**WHAT IS NEEDED:**
For every line in the records below that holds "taken", make a copy.

**THE DATA:**
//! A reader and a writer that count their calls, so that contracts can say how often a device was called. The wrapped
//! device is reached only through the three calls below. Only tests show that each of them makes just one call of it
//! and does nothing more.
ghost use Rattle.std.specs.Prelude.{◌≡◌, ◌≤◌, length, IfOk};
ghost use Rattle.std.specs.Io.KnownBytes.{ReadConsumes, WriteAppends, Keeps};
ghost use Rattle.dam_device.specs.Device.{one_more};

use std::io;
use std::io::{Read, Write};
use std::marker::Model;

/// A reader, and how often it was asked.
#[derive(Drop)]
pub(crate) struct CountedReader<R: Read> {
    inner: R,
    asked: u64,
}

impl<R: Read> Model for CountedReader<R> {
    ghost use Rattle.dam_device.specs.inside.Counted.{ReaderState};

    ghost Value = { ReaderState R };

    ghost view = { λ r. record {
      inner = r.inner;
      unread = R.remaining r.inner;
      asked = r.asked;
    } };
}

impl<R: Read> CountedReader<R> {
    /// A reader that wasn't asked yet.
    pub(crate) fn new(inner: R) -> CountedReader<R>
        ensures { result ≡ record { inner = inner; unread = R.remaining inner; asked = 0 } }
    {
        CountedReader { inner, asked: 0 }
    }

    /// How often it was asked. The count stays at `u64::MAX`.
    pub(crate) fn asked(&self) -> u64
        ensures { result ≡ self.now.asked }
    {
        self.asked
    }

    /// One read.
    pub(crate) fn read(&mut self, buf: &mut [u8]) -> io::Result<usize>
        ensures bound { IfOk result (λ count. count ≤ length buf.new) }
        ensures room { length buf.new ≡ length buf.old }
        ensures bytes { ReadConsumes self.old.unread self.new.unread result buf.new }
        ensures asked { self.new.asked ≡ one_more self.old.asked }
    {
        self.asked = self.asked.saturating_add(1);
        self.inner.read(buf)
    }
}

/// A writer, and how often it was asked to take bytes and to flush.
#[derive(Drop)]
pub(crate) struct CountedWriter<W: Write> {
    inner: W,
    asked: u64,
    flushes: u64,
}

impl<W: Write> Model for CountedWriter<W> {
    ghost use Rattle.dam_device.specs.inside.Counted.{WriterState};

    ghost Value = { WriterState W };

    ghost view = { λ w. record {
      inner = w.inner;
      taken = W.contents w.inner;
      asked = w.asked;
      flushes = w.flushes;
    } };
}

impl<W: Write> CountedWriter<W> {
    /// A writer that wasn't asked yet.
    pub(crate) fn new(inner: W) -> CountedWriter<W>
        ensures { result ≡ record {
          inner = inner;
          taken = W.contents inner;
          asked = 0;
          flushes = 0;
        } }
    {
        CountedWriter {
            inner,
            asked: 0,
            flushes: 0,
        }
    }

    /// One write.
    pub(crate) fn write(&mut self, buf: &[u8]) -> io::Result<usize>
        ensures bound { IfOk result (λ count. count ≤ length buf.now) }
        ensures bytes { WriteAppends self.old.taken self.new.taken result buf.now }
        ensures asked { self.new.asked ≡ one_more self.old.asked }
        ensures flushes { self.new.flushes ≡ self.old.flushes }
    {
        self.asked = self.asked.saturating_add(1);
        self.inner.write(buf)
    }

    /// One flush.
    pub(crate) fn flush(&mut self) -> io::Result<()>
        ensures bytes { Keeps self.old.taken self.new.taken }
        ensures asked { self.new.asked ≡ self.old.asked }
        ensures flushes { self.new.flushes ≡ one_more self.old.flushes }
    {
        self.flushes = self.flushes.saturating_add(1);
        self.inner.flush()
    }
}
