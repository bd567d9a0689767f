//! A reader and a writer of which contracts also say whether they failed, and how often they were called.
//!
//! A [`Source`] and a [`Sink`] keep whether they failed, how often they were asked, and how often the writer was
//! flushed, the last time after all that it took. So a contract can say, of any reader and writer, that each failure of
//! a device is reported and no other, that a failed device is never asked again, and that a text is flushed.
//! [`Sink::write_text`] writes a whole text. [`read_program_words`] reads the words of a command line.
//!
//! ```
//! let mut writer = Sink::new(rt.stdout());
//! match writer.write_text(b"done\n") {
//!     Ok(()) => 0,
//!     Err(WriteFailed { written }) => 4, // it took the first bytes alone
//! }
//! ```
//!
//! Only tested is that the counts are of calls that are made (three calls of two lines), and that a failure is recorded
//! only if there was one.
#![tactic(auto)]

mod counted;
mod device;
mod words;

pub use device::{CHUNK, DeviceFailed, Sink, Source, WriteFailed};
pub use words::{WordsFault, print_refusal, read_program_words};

**RESPONSE BELOW:**
      taken = W.contents w.inner;
          taken = W.contents inner;
        ensures bytes { WriteAppends self.old.taken self.new.taken result buf.now }
        ensures bytes { Keeps self.old.taken self.new.taken }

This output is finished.